All of the online timers had an issue on my machine which would rapidly repeat submitting times. Downloading a "desktop" timer I thought would fix the issue. However, I realized it was a macro setting on my keyboard after downloading this timer.

I see you with the Electron app : )


----------



## Qunima (Jun 21, 2019)

ability to comment on times would be cool


----------



## Hazel (Jun 22, 2019)

Qunima said:


> ability to comment on times would be cool


You can! Click the time and there's a comment area.


----------



## Hazel (Jul 14, 2019)

@DalDal when you have time to work on Block Keeper more again, would you consider a small feature to track how many solves you do in a sitting? IE. how many 3x3 solves done since opening the application, minus the number of deleted solves. I'm trying to practice more consistantly, so when I sit down to do a bunch of solves I'd like to more easily be able to keep track of how many solves I do in each sitting 
I hope university and your dev job are going well!


----------



## danvie (Jul 15, 2019)

Would be nice if the solves with comments had some sort of red mark or something to tell that it had a comment.
Also would be nice if the tool that displayed your pb's would have the times linked to that session.
If someone could make a blockkeeper mobile that would be able to share the times between the two would be great.

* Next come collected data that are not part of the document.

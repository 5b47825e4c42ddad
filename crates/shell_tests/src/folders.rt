//! Folders that aren't in memory.

use crate::failing::{run_once, words};
use carousel_shell::Status;
use folder_store::{EntryKind, FolderEntry, FolderFault, Folders, MemStore, TreeFault};
use generation_catalogue::Refusal;
use oc_bytes::{MemSink, MemSource, NoMemory};
use std::alloc::Global;
use std::test::Fail;

/// A folder with 2,224 files of 65,493 bytes. With the 44 bytes before them each is an object of
/// 65,537 bytes, which has a module of its own. What stands in the folder isn't known.
#[derive(Drop)]
struct ManyFiles;

impl ManyFiles {
    fn entries(alloc: Global) -> Result<Vec<FolderEntry>, NoMemory> {
        let mut entries = Vec::new(alloc);
        for number in 0..2_224u32 {
            entries.push(FolderEntry {
                name: format!(in alloc; "{number}")?,
                kind: EntryKind::File,
            })?;
        }
        Ok(entries)
    }
}

impl Folders for ManyFiles {
    ghost use Rattle.std.specs.Prelude.{None, false};

    ghost tree = { λ f. None };

    ghost faults = { λ f. 0 };

    ghost strayed = { λ f. false };

    ghost refused = { λ f. None };

    fn list(&mut self, alloc: Global, _path: &str) -> Result<Vec<FolderEntry>, FolderFault> {
        match ManyFiles::entries(alloc) {
            Ok(entries) => Ok(entries),
            Err(_) => Err(FolderFault::NoMemory),
        }
    }

    fn read(&mut self, alloc: Global, _path: &str, _most: usize) -> Result<Vec<u8>, FolderFault> {
        let mut bytes = Vec::new(alloc);
        match bytes.resize(65_493, 0) {
            Ok(()) => Ok(bytes),
            Err(_) => Err(FolderFault::NoMemory),
        }
    }

    fn faults(&self) -> u64 {
        0
    }
}

#[test]
fn trees_that_are_too_large_are_refused(rt: HostRuntime) -> Result<(), Fail> {
    let alloc = rt.alloc();
    let words = words(alloc, "publish F 1 1")?;
    let mut source = MemSource::new(Vec::new(alloc), Vec::new(alloc), 1);
    let mut sink = MemSink::new(alloc, Vec::new(alloc), 100);
    let mut store = MemStore::new(alloc, Vec::new(alloc));
    let status = run_once(
        alloc,
        &words,
        &mut source,
        &mut sink,
        &mut ManyFiles,
        &mut store,
    )?;
    assert_eq!(rt; sink.written(), b"".as_slice());
    let line = status.line(alloc)?.ok_or("no line")?;
    assert_eq!(rt;
        line.as_str(),
        "carousel: tree refused: too-many-modules 2225"
    );
    assert!(rt;
        matches!(
            status,
            Status::TreeRefused(TreeFault::Commit(Refusal::TooManyModules(2225)))
        )
    );
    Ok(())
}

Don't get me wrong. This is an AWSOME timer for offline because we don't have acess to the internet on our computer. Keep up the good work!!!


----------



## danvie (Jul 16, 2019)

Also, could you consider including fmc as an event with the long scramble and the slots for typing in the solution. Then the computer would check the solution to see if the solution was valid. Just an idea. Don't feel obligated to work on it right now, just throwing an idea out there.
Also possibly a 2-sided pll trainer equivalent to feliks's on cubeskills?


----------



## Hazel (Jul 16, 2019)

Actually, I'll just put all my suggestions/requests here so you they're all in one place  take your time though, I know you're still super busy with uni and your job and all!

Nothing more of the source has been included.